→ Stored data entries
= = = = = = =
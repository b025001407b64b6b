//! What `check`, `world` and `print` answer to a text: it is accepted or refused.

use super::cases::{CALM, CHECK, Case, PRINT, answer, check};
use super::texts::{COUNTER, CUT, PING, TOKEN, TRI};
use std::alloc::Global;
use std::process::Abort;
use std::test::Fail;
use tapc_core::Status;

/// A text: its name, itself, the status, and the line.
type Row = (&'static str, &'static [u8], Status, &'static [u8]);

/// Those that are read as trees.
fn trees() -> [Row; 19] {
    [
        (
            "a counter",
            COUNTER,
            Status::Done,
            b"accepted\nprocess a 1 5\n",
        ),
        (
            "a datagram",
            PING,
            Status::Done,
            b"accepted\nmessage ping 1\nprocess a 1 7\nprocess b 1 2\n",
        ),
        (
            "a system with a send to be cut",
            CUT,
            Status::Done,
            b"accepted\nmessage m 1\nprocess a 1 11\nprocess b 1 1\nprocess c 1 1\n",
        ),
        (
            "three actions",
            TRI,
            Status::Done,
            b"accepted\nprocess a 3 3\n",
        ),
        (
            "a token that is handed on",
            TOKEN,
            Status::Done,
            b"accepted\nmessage token 1\nprocess left 3 7\nprocess right 3 7\n",
        ),
        (
            "no action",
            b"process a begin end",
            Status::Done,
            b"accepted\nprocess a 0 0\n",
        ),
        (
            "a parenthesis in a guard",
            b"process a var k : 0..1 begin (k) = 0 -> skip end",
            Status::Done,
            b"accepted\nprocess a 1 4\n",
        ),
        (
            "a bracket at depth 32",
            b"process a begin ((((((((((((((((((((((((((((((((1)))))))))))))))))))))))))))))))) = 1 -> skip end",
            Status::Done,
            b"accepted\nprocess a 1 4\n",
        ),
        (
            "a variable that is not declared",
            b"process a begin x = 0 -> skip end",
            Status::Refused,
            b"refused N1 1:17\n",
        ),
        (
            "a process that is declared twice",
            b"\n\n  process a begin end process a begin end",
            Status::Refused,
            b"refused N2 3:31\n",
        ),
        (
            "a send to itself",
            b"message m begin f : 8 bits end\nprocess a begin true -> send m(1) to\n  a end",
            Status::Refused,
            b"refused N3 3:3\n",
        ),
        (
            "a number for a guard",
            b"process a var x : 0..1 begin x -> skip end",
            Status::Refused,
            b"refused K1 1:30\n",
        ),
        (
            "an expression of 200 nodes",
            b"process a begin -1+1+1+1+1+1+1+1+1+1+1+1+1+1+1+1+1+1+1+1+1+1+1+1+1+1+1+1+1+1+1+1+1+1+1+1+1+1+1+1+1+1+1+1+1+1+1+1+1+1+1+1+1+1+1+1+1+1+1+1+1+1+1+1+1+1+1+1+1+1+1+1+1+1+1+1+1+1+1+1+1+1+1+1+1+1+1+1+1+1+1+1+1+1+1+1+1+1+1+1 -> skip end",
            Status::Refused,
            b"refused K1 1:215\n",
        ),
        (
            "two values for one target",
            b"process a var x : 0..1\nbegin true ->\nx := 0, 1 end",
            Status::Refused,
            b"refused K2 3:1\n",
        ),
        (
            "a loop of no turns",
            b"process a begin true ->\n do 0 times true -> skip od end",
            Status::Refused,
            b"refused X1 2:5\n",
        ),
        (
            "a range without values",
            b"process a\nvar x : 1..0 begin end",
            Status::Refused,
            b"refused X2 2:5\n",
        ),
        (
            "a send that nobody receives",
            b"message m begin f : 8 bits end process a begin true -> send m(1) to b end process b begin end",
            Status::Refused,
            b"refused M3 1:61\n",
        ),
        (
            "a sum",
            b"process a var x : 0..9 begin x = 0 -> x := 1 + 1 end",
            Status::Done,
            b"accepted\nprocess a 1 7\n",
        ),
        (
            "messages of 1 and 17 bits",
            b"message m begin f : 1 bits end message n begin g : 9 bits; h : 8 bits = 3 end process a begin end",
            Status::Done,
            b"accepted\nmessage m 1\nmessage n 3\nprocess a 0 0\n",
        ),
    ]
}

/// Those that are not: their bytes, tokens or grammar are refused.
fn others() -> [Row; 19] {
    [
        (
            "a byte outside of the alphabet",
            b"process a begin \x01 end",
            Status::Refused,
            b"refused L1 1:17\n",
        ),
        (
            "a dollar sign at the end",
            b"process a\nbegin\n end $",
            Status::Refused,
            b"refused L1 3:6\n",
        ),
        (
            "a bell in a comment",
            b"process a begin end # \x07",
            Status::Refused,
            b"refused L1 1:23\n",
        ),
        (
            "a number before an exclamation mark",
            b"9223372036854775808 !",
            Status::Refused,
            b"refused L2 1:1\n",
        ),
        (
            "a number behind an exclamation mark",
            b"! 9223372036854775808",
            Status::Refused,
            b"refused L1 1:1\n",
        ),
        (
            "a number behind a zero",
            b"process a begin x = 09223372036854775808 -> skip end",
            Status::Refused,
            b"refused L2 1:21\n",
        ),
        (
            "the largest number before a dollar sign",
            b"9223372036854775807 $",
            Status::Refused,
            b"refused L1 1:21\n",
        ),
        ("nothing", b"", Status::Refused, b"refused S1 1:1\n"),
        (
            "blanks and a comment",
            b" \n # nothing\n",
            Status::Refused,
            b"refused S1 1:1\n",
        ),
        (
            "an assignment without a value",
            b"process a begin true -> x := end",
            Status::Refused,
            b"refused S1 1:30\n",
        ),
        (
            "a process without an end",
            b"process a begin",
            Status::Refused,
            b"refused S1 1:16\n",
        ),
        (
            "a guard without an arrow",
            b"process a\nbegin\n  x = 0 skip\nend\n",
            Status::Refused,
            b"refused S1 3:9\n",
        ),
        (
            "messages without a process",
            b"message m begin f : 8 bits end",
            Status::Refused,
            b"refused S1 1:31\n",
        ),
        (
            "two ends",
            b"process a begin end end",
            Status::Refused,
            b"refused S1 1:21\n",
        ),
        (
            "a box without an action",
            b"process a begin x = 1 -> skip [] end",
            Status::Refused,
            b"refused S1 1:34\n",
        ),
        (
            "a bracket at depth 33",
            b"process a begin ((((((((((((((((((((((((((((((((( 1 = 1 -> skip end",
            Status::Refused,
            b"refused S2 1:49\n",
        ),
        (
            "a bracket at depth 33 behind another fault",
            b"process process a begin (((((((((((((((((((((((((((((((((",
            Status::Refused,
            b"refused S2 1:57\n",
        ),
        (
            "an expression of 201 nodes",
            b"process a begin 1+1+1+1+1+1+1+1+1+1+1+1+1+1+1+1+1+1+1+1+1+1+1+1+1+1+1+1+1+1+1+1+1+1+1+1+1+1+1+1+1+1+1+1+1+1+1+1+1+1+1+1+1+1+1+1+1+1+1+1+1+1+1+1+1+1+1+1+1+1+1+1+1+1+1+1+1+1+1+1+1+1+1+1+1+1+1+1+1+1+1+1+1+1+1+1+1+1+1+1+1 -> skip end",
            Status::Refused,
            b"refused S3 1:17\n",
        ),
        (
            "an expression of 201 nodes before another fault",
            b"process a begin 1+1+1+1+1+1+1+1+1+1+1+1+1+1+1+1+1+1+1+1+1+1+1+1+1+1+1+1+1+1+1+1+1+1+1+1+1+1+1+1+1+1+1+1+1+1+1+1+1+1+1+1+1+1+1+1+1+1+1+1+1+1+1+1+1+1+1+1+1+1+1+1+1+1+1+1+1+1+1+1+1+1+1+1+1+1+1+1+1+1+1+1+1+1+1+1+1+1+1+1+1 end",
            Status::Refused,
            b"refused S1 1:219\n",
        ),
    ]
}

/// What a command is to answer to a text.
fn case_of<'a>(row: &Row, words: &'a [&'a str]) -> Case<'a> {
    let (name, system, status, lines) = *row;
    Case {
        name,
        words,
        system,
        status,
        lines,
        ..CALM
    }
}

/// All of a list come to what `check` is to answer.
fn all_are_checked(rt: &impl Abort, alloc: Global, rows: &[Row]) -> Result<(), Fail> {
    for row in rows {
        check(rt, alloc, &case_of(row, CHECK))?;
    }
    Ok(())
}

#[test]
fn a_text_is_checked(rt: HostRuntime) -> Result<(), Fail> {
    all_are_checked(&rt, rt.alloc(), &trees())?;
    all_are_checked(&rt, rt.alloc(), &others())
}

/// Those of a list that are refused are refused by `world` too, whose schedule is not looked for.
fn world_refuses_them(rt: &impl Abort, alloc: Global, rows: &[Row]) -> Result<(), Fail> {
    for row in rows {
        if row.2 == Status::Refused {
            check(
                rt,
                alloc,
                &case_of(row, &["world", "s", "no such schedule"]),
            )?;
        }
    }
    Ok(())
}

/// Texts that may ask for a choice are accepted, and what `check` writes of them.
#[test]
fn a_text_that_may_ask_for_a_choice_is_accepted(rt: HostRuntime) -> Result<(), Fail> {
    for (name, text, lines) in [
        (
            "a choice of a value",
            "process a var x : 0..9 begin true -> choose x end",
            "accepted\nprocess a 1 2\n",
        ),
        (
            "a selection of two branches",
            "process a var x : 0..9 begin true -> if x = 0 -> x := 1 [] x = 1 -> skip fi end",
            "accepted\nprocess a 1 11\n",
        ),
        (
            "a loop of two branches",
            "process a var x : 0..9 begin true -> do 3 times x = 0 -> x := 1 [] x = 1 -> x := 0 od end",
            "accepted\nprocess a 1 35\n",
        ),
    ] {
        let row = (name, text.as_bytes(), Status::Done, lines.as_bytes());
        check(&rt, rt.alloc(), &case_of(&row, CHECK))?;
    }
    Ok(())
}

#[test]
fn the_world_refuses_the_same(rt: HostRuntime) -> Result<(), Fail> {
    world_refuses_them(&rt, rt.alloc(), &trees())?;
    world_refuses_them(&rt, rt.alloc(), &others())
}

/// Only what keeps a text from being read as a tree is told: a text whose names, kinds or limits are refused is printed.
#[test]
fn a_text_that_is_a_tree_is_printed(rt: HostRuntime) -> Result<(), Fail> {
    for row in &trees() {
        let (status, _out) = answer(rt.alloc(), &case_of(row, PRINT))?;
        assert_eq!(rt; status, Status::Done, "{}", row.0);
    }
    for row in &others() {
        check(&rt, rt.alloc(), &case_of(row, PRINT))?;
    }
    Ok(())
}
= = = = = = =
→ ACTIVITY
Only the lines above from the line containing "a\nvar x : 1..0" through the line containing "send that nobody" should be retyped, exactly and with both ends included.

→ EXERCISE RESULT
            b"process a\nvar x : 1..0 begin end",
            Status::Refused,
            b"refused X2 2:5\n",
        ),
        (
            "a send that nobody receives",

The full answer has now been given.